> **EXERCISE**: In the entries below, the lines from the one with "that is no triplet." through the one with "a board, in" are to be copied exactly; both ends count.

[Saved entries]
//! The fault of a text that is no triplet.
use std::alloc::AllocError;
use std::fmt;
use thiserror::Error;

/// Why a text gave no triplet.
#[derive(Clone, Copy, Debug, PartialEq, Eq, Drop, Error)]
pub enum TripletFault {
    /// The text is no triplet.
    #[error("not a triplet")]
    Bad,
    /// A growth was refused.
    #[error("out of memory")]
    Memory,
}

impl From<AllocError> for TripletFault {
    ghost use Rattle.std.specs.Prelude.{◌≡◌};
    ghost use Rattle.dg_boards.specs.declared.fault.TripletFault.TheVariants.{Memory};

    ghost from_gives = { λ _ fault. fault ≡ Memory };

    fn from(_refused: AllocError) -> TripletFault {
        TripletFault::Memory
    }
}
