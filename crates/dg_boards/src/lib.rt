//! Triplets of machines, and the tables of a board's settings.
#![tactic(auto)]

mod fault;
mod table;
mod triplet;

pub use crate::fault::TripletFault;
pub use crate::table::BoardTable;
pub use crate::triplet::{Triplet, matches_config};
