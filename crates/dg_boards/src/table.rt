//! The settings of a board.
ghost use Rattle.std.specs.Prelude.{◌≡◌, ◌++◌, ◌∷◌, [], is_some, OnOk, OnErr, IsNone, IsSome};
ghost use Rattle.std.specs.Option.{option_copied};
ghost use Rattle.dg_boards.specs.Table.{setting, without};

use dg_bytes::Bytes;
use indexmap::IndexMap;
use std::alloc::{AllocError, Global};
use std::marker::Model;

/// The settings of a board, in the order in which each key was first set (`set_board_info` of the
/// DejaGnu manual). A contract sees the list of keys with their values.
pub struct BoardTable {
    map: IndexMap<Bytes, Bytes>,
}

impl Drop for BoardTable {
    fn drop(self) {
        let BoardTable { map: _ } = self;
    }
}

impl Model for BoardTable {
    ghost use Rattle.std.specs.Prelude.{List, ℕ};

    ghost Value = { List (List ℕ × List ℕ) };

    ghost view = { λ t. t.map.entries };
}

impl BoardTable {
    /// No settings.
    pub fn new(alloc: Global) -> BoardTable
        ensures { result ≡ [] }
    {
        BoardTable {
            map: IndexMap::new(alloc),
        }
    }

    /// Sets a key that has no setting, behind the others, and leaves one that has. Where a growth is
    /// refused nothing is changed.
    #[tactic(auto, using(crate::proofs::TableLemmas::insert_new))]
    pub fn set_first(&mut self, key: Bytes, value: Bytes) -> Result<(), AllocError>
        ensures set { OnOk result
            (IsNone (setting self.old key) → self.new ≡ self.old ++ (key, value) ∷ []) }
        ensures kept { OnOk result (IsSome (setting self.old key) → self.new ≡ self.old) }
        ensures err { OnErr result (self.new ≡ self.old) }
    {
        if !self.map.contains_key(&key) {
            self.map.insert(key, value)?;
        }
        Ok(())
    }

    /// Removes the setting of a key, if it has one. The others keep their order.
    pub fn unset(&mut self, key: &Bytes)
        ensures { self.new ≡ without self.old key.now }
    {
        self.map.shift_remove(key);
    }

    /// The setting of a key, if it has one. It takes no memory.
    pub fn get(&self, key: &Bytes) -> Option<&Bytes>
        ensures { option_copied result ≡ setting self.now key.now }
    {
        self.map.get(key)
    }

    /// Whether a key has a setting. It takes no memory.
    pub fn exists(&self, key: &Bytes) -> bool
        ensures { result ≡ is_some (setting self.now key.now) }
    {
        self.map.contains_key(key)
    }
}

* * *

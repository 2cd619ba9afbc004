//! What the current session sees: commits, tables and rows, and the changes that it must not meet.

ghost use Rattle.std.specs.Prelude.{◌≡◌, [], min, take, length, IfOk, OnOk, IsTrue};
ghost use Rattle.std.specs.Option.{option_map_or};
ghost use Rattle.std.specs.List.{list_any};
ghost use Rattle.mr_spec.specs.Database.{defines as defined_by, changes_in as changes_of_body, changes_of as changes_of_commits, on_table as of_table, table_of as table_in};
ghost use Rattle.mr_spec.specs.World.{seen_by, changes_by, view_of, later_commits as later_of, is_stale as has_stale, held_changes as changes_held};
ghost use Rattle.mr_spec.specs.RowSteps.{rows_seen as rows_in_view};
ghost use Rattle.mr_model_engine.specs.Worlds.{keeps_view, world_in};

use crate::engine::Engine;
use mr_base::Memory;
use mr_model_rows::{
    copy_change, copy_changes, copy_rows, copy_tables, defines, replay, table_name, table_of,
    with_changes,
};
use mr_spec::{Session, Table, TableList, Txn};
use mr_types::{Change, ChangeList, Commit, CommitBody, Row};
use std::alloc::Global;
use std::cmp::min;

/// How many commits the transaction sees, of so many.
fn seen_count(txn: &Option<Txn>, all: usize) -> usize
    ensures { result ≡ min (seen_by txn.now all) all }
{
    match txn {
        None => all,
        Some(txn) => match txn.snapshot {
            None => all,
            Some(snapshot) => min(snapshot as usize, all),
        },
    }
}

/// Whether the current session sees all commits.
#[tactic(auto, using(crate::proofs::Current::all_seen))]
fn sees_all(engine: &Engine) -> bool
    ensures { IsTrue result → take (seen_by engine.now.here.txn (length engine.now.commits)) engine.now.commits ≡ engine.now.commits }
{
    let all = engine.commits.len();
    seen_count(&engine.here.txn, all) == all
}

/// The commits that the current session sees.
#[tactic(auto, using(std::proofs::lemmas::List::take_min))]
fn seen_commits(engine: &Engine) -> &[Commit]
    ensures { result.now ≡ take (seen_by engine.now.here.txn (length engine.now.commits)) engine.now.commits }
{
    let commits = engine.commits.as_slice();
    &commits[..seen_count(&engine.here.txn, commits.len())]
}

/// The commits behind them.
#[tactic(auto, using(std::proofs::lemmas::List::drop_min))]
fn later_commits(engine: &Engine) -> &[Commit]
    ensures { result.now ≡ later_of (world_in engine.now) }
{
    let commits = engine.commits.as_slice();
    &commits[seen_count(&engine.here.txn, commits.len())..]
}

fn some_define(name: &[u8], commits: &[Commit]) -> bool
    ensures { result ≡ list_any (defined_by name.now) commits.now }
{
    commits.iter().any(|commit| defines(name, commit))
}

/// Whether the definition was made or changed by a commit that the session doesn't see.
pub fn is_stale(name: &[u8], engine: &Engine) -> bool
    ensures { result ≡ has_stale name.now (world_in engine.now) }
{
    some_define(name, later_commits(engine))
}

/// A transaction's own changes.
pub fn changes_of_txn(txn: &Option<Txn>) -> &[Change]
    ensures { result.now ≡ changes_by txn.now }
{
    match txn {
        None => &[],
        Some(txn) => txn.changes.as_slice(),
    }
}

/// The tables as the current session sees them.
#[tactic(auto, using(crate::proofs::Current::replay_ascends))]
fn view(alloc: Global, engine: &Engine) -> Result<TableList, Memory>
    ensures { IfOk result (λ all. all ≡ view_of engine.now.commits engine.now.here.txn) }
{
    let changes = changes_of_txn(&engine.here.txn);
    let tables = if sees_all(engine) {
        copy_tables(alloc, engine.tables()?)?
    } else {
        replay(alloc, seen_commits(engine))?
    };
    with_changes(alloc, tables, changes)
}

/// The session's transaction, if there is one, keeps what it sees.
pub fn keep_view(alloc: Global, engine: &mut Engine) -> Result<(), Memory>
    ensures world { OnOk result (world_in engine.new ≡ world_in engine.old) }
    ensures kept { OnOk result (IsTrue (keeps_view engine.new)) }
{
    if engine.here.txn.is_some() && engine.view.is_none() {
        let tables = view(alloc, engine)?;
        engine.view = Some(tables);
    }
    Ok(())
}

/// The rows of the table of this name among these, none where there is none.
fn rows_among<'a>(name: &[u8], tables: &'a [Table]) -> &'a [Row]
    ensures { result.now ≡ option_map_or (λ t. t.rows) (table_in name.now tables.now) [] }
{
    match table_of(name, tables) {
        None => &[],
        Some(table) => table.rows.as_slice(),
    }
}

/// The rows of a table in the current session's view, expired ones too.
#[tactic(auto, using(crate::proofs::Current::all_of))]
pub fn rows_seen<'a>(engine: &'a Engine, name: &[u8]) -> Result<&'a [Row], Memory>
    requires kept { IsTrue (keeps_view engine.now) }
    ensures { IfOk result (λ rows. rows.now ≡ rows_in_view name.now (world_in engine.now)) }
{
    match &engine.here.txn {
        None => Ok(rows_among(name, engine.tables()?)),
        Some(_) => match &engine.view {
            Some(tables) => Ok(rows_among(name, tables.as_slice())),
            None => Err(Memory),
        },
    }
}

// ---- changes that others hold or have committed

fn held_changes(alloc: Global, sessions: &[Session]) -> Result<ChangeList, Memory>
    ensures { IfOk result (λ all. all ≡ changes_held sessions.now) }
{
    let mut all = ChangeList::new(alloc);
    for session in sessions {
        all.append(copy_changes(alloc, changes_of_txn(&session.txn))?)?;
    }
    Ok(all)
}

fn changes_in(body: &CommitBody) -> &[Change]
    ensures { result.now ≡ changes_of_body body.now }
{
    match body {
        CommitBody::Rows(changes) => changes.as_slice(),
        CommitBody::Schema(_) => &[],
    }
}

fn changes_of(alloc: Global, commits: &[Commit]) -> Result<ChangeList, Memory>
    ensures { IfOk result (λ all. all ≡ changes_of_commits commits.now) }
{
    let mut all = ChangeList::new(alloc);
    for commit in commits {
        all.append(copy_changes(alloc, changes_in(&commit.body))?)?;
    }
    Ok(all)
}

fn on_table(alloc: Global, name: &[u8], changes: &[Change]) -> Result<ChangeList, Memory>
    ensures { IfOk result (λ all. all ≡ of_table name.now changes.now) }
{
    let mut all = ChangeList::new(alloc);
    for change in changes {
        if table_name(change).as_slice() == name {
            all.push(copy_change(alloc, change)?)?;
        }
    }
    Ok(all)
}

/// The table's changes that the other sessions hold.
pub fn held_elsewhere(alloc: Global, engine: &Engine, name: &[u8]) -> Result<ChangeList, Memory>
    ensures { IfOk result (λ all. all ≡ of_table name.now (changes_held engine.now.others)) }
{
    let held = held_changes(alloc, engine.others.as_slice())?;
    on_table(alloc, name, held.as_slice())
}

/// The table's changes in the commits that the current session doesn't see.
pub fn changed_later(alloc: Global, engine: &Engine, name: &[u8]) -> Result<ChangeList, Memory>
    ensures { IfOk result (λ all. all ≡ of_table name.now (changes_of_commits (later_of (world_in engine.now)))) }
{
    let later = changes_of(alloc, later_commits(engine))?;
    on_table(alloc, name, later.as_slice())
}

> **EXERCISE OUTPUT**:
//! The fault of a text that is no triplet.
use std::alloc::AllocError;
use std::fmt;
use thiserror::Error;

/// Why a text gave no triplet.
#[derive(Clone, Copy, Debug, PartialEq, Eq, Drop, Error)]
pub enum TripletFault {
    /// The text is no triplet.
    #[error("not a triplet")]
    Bad,
    /// A growth was refused.
    #[error("out of memory")]
    Memory,
}

impl From<AllocError> for TripletFault {
    ghost use Rattle.std.specs.Prelude.{◌≡◌};
    ghost use Rattle.dg_boards.specs.declared.fault.TripletFault.TheVariants.{Memory};

    ghost from_gives = { λ _ fault. fault ≡ Memory };

    fn from(_refused: AllocError) -> TripletFault {
        TripletFault::Memory
    }
}
filename crates/dg_boards/src/lib.rt
//! Triplets of machines, and the tables of a board's settings.
#![tactic(auto)]

mod fault;
mod table;
mod triplet;

pub use crate::fault::TripletFault;
pub use crate::table::BoardTable;
pub use crate::triplet::{Triplet, matches_config};
filename crates/dg_boards/src/table.rt
//! The settings of a board.
ghost use Rattle.std.specs.Prelude.{◌≡◌, ◌++◌, ◌∷◌, [], is_some, OnOk, OnErr, IsNone, IsSome};
ghost use Rattle.std.specs.Option.{option_copied};
ghost use Rattle.dg_boards.specs.Table.{setting, without};

use dg_bytes::Bytes;
use indexmap::IndexMap;
use std::alloc::{AllocError, Global};
use std::marker::Model;

/// The settings of a board, in the order in which each key was first set (`set_board_info` of the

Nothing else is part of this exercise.